Broker bindings
The envelope is broker-agnostic — it is just the message body. A binding says how a given broker carries that body natively, so a consumer can route by URN and continue a trace without decoding the body, and so a message one SDK produces is consumed byte-for-byte by another over the same broker.
Two rules hold for every binding:
- The body is always the canonical envelope — compact UTF-8 JSON, byte-identical across SDKs. Native metadata is a redundant, routable projection of the body, never a replacement for it.

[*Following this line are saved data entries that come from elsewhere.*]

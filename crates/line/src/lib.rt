// The checking program's line, as a function of its input: "`version V epoch T digests C` .. or `refused N`", and a newline.
// The line grows from the front of a text of 64 bytes, which holds the longest.
#![tactic(auto)]

ghost use Rattle.std.specs.Prelude.{◌≡◌, ◌+◌, ◌≤◌, Err, length, take};
ghost use Rattle.paper.specs.Program as P;
ghost use Rattle.line.specs.Written.{empty, behind, text_of};

use lookup::check_lookup;
use paper::{AcceptedLookup, LookupAnswer, Refusal};
use ranges::put;

// Bytes, of which the first `length` are written, and the others zero: an array, as the project has no heap for a String.
#[derive(Clone, Copy)]
pub struct Text {
    pub bytes: [u8; 64],
    pub length: usize,
}

impl Text {
    // A text of which nothing is written.
    fn new() -> Text
        ensures { result ≡ empty }
    {
        Text {
            bytes: [0; 64],
            length: 0,
        }
    }

    // The text with a word behind what is written.
    fn word(mut self, word: &[u8]) -> Text
        requires { self.length + length word.now ≤ 64 }
        ensures { result ≡ behind self word.now }
    {
        let at = self.length;
        put(&mut self.bytes, at, word);
        self.length = at + word.len();
        self
    }

    // The text with a number behind what is written.
    fn decimal(self, n: u32) -> Text
        requires { self.length + length (P.decimal n) ≤ 64 }
        ensures { result ≡ behind self (P.decimal n) }
    {
        let mut digits = [0u8; 20];
        let k = io::decimal(n as u64, &mut digits);
        self.word(&digits[..k])
    }

    // What is written.
    pub fn as_bytes(&self) -> &[u8]
        requires { self.now.length ≤ 64 }
        ensures value { result.now ≡ take self.now.length self.now.bytes }
        ensures block { result.ref_ptr.0 ≡ self.entry.ref_ptr.0 }
        ensures offset { result.ref_ptr.1 ≡ self.entry.ref_ptr.1 }
    {
        &self.bytes[..self.length]
    }
}

// "version V epoch T digests C"
fn accepted(version: u16, epoch: u32, digests: u32) -> Text
    ensures { result ≡ text_of (P.accepted version epoch digests) }
{
    Text::new()
        .word(b"version ")
        .decimal(version as u32)
        .word(b" epoch ")
        .decimal(epoch)
        .word(b" digests ")
        .decimal(digests)
        .word(b"\n")
}

// "refused N"
fn refused(refusal: Refusal) -> Text
    ensures { result ≡ text_of (P.line (Err refusal)) }
{
    Text::new()
        .word(b"refused ")
        .decimal(refusal.number() as u32)
        .word(b"\n")
}

// The line of a lookup's answer.
fn line_of(answer: LookupAnswer) -> Text
    ensures { result ≡ text_of (P.line answer) }
{
    match answer {
        Ok(
            AcceptedLookup::Found {
                version,
                epoch,
                digests,
            },
        ) => accepted(version, epoch, digests),
        Ok(AcceptedLookup::NotRegistered { epoch, digests }) => accepted(0, epoch, digests),
        Err(refusal) => refused(refusal),
    }
}

// "It reads from standard input: head 32, name length 1, name, lookup proof. Over 65,536 bytes, or too short for head and name,
// is 1."
pub fn program_line(input: &[u8]) -> Text
    ensures { result ≡ text_of (P.program_line input.now) }
{
    if input.len() < 33 || 65536 < input.len() {
        return refused(Refusal::Input);
    }
    let proof = 33 + input[32] as usize;
    if input.len() < proof {
        return refused(Refusal::Input);
    }
    line_of(check_lookup(&input[..32], &input[33..proof], &input[proof..]))
}
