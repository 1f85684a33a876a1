// SHA-256's compression of one block of 64 bytes, as FIPS 180-4 defines it in section 6.2.2.
#![tactic(auto)]

mod rounds;
mod schedule;
mod words;

pub use rounds::compress;
pub use words::constants;
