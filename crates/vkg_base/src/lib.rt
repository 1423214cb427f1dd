//! What stands outside of the program and what every part of it shares: stores of files and sinks of bytes that count
//! their faults, in memory and of the system; lines of text that are made before the first is written; the statuses;
//! want of memory; the least of places; and the containers `Box`, `Items` and `Text`, which
//! contracts see as what they hold.
//!
//! It follows no standard but that texts are UTF-8. It promises: a fault is answered only where its count rose, lines are sorted by their bytes and written in order.
//! It stands on vkg_lists, and on itoa for the decimal digits of a number, and on thiserror for the texts of errors.
#![tactic(auto)]

mod boxed;
mod fixed_line;
mod host_sink;
mod host_store;
mod items;
mod line;
mod lines;
mod mem_sink;
mod mem_store;
mod memory;
mod places;
mod sink;
mod status;
mod store;
mod text;

pub use boxed::Box;
pub use fixed_line::FixedLine;
pub use host_sink::HostSink;
pub use host_store::HostStore;
pub use items::{Items, at};
pub use lines::Lines;
pub use mem_sink::MemSink;
pub use mem_store::MemStore;
pub use memory::Memory;
pub use places::{earlier, lesser, place_if};
pub use sink::{Failed, Sink, WriteFault};
pub use status::Status;
pub use store::{LoadFault, Store};
pub use text::Text;
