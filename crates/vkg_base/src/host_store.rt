ghost use Rattle.std.specs.Prelude.{◌≡◌, ◌<◌, ◌≤◌, [], take, length, None, IfOk, IfSome};

use crate::{LoadFault, Store};
use std::alloc::Global;
use std::fs;
use std::io::Read;
use std::marker::Model;
use std::random::RandomSource;
use std::rt::Files;

const PIECE: usize = 4096;

/// The files of the system, by their paths. It tells no content: what a real file holds is known to no contract.
#[derive(Drop)]
pub struct HostStore<'a, R: Files> {
    rt: &'a R,
    asked: Vec<String>,
    faults: u64,
}

impl<'a, R: Files> Model for HostStore<'a, R> {
    ghost use Rattle.std.specs.Prelude.{None, map, string_bytes};
    ghost use Rattle.vkg_base.specs.Outside.{StoreState};

    ghost Value = { StoreState };

    ghost view = { λ s. record { files = None; asked = map string_bytes s.asked.items; faults = s.faults } };
}

impl<'a, R: Files> HostStore<'a, R> {
    /// A store that was asked for nothing yet.
    pub fn new(alloc: Global, rt: &'a R) -> HostStore<'a, R>
        ensures files { result.files ≡ None }
        ensures asked { result.asked ≡ [] }
        ensures faults { result.faults ≡ 0 }
    {
        HostStore {
            rt,
            asked: Vec::new(alloc),
            faults: 0,
        }
    }
}

// Reads to the end, or to the limit, as much at once as the buffer takes.
fn read_up_to<F: Read>(
    alloc: Global,
    file: &mut F,
    buffer: &mut [u8],
    limit: u64,
) -> Result<Vec<u8>, LoadFault>
    requires { 0 < length buffer.old }
    ensures limit { IfOk result (λ v. length v.items ≤ limit) }
    ensures bytes { IfOk result (λ v. IfSome (F.remaining file.old) (λ left. v.items ≡ take limit left)) }
{
    let mut bytes = Vec::new(alloc);
    let mut left = limit;
    for _ in 0..limit {
        let room = left.min(buffer.len() as u64) as usize;
        if room == 0 {
            return Ok(bytes);
        }
        match file.read(&mut buffer[..room]) {
            Ok(0) => return Ok(bytes),
            Ok(count) => {
                bytes.extend_from_slice(&buffer[..count])?;
                left -= count as u64;
            }
            Err(_) => return Err(LoadFault::Failed),
        }
    }
    Ok(bytes)
}

fn read_file<R: Files>(rt: &R, alloc: Global, name: &str, limit: u64) -> Result<Vec<u8>, LoadFault>
    ensures { IfOk result (λ v. length v.items ≤ limit) }
{
    let mut buffer = [0u8; PIECE];
    match fs::open(rt, name) {
        Ok(mut file) => read_up_to(alloc, &mut file, &mut buffer, limit),
        Err(_) => Err(LoadFault::Failed),
    }
}

// Random bytes of the system as a number, or 0 where it gives none.
fn random_number<R: RandomSource>(rt: &R) -> u64 {
    let mut bytes = [0u8; 8];
    match rt.fill_bytes(&mut bytes) {
        Ok(()) => u64::from_le_bytes(bytes),
        Err(_) => 0,
    }
}

impl<'a, R: Files + RandomSource> Store for HostStore<'a, R> {
    ghost state = { λ s. s };

    fn load(&mut self, alloc: Global, name: &str, limit: u64) -> Result<Vec<u8>, LoadFault> {
        let own = String::from_str(alloc, name)?;
        self.asked.push(own)?;
        match read_file(self.rt, alloc, name, limit) {
            Ok(bytes) => Ok(bytes),
            Err(LoadFault::Memory) => Err(LoadFault::Memory),
            Err(LoadFault::Failed) => {
                self.faults = self.faults.saturating_add(1);
                Err(LoadFault::Failed)
            }
        }
    }

    fn seed(&self) -> u64 {
        random_number(self.rt)
    }
}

- The envelope is frozen at
schema_version: 1. A new broker is purely additive — it never changes the wire format.
Redis
Reliable-queue pattern: RPUSH to produce, a blocking move to a :processing list to
reserve, then remove on ack. Redis lists carry no per-message metadata, so routing and
tracing read the envelope body directly (job/urn, trace_id). At-least-once via the
processing list.
RabbitMQ (AMQP 0-9-1)
The body is the envelope; the contract is also projected onto AMQP properties and headers so a consumer can route on the broker’s metadata:
| AMQP field | Carries |
|---|---|
type | the URN (job) |
correlation_id | trace_id |
message_id | meta.id |
header x-attempts | attempts |
header x-schema-version | meta.schema_version |
header x-source-lang | meta.lang |
Messages are application/json, persistent delivery, on durable queues; consumed with
basic.get + manual ack (at-least-once).
Amazon SQS
The canonical envelope is the MessageBody. On produce, the transport projects the
envelope onto native MessageAttributes — a routable view of the body. Ids and
strings are DataType String; counters are DataType Number:
| MessageAttribute | DataType | Value |
|---|---|---|
bq-job | String | the URN (job) |
bq-trace-id | String | trace_id |
bq-message-id | String | meta.id |
bq-schema-version | Number | meta.schema_version (1) |
bq-source-lang | String | meta.lang |
bq-created-at | Number | meta.created_at as epoch milliseconds |
Consuming uses SQS’s native delivery semantics:
- A receive reserves the message for the visibility timeout; a successfully handled
message is removed with
DeleteMessage. A failing handler simply does not delete it — SQS redelivers after the visibility timeout (at-least-once). attemptsis reconciled tomax(body.attempts, ApproximateReceiveCount − 1). The first delivery reads0; a runtime-incremented count is never lowered; an absent or non-numericApproximateReceiveCountis ignored. A drop-in driver that instead surfaces the broker’s native count (e.g. Laravel’sSqsJob::attempts()) documents that divergence.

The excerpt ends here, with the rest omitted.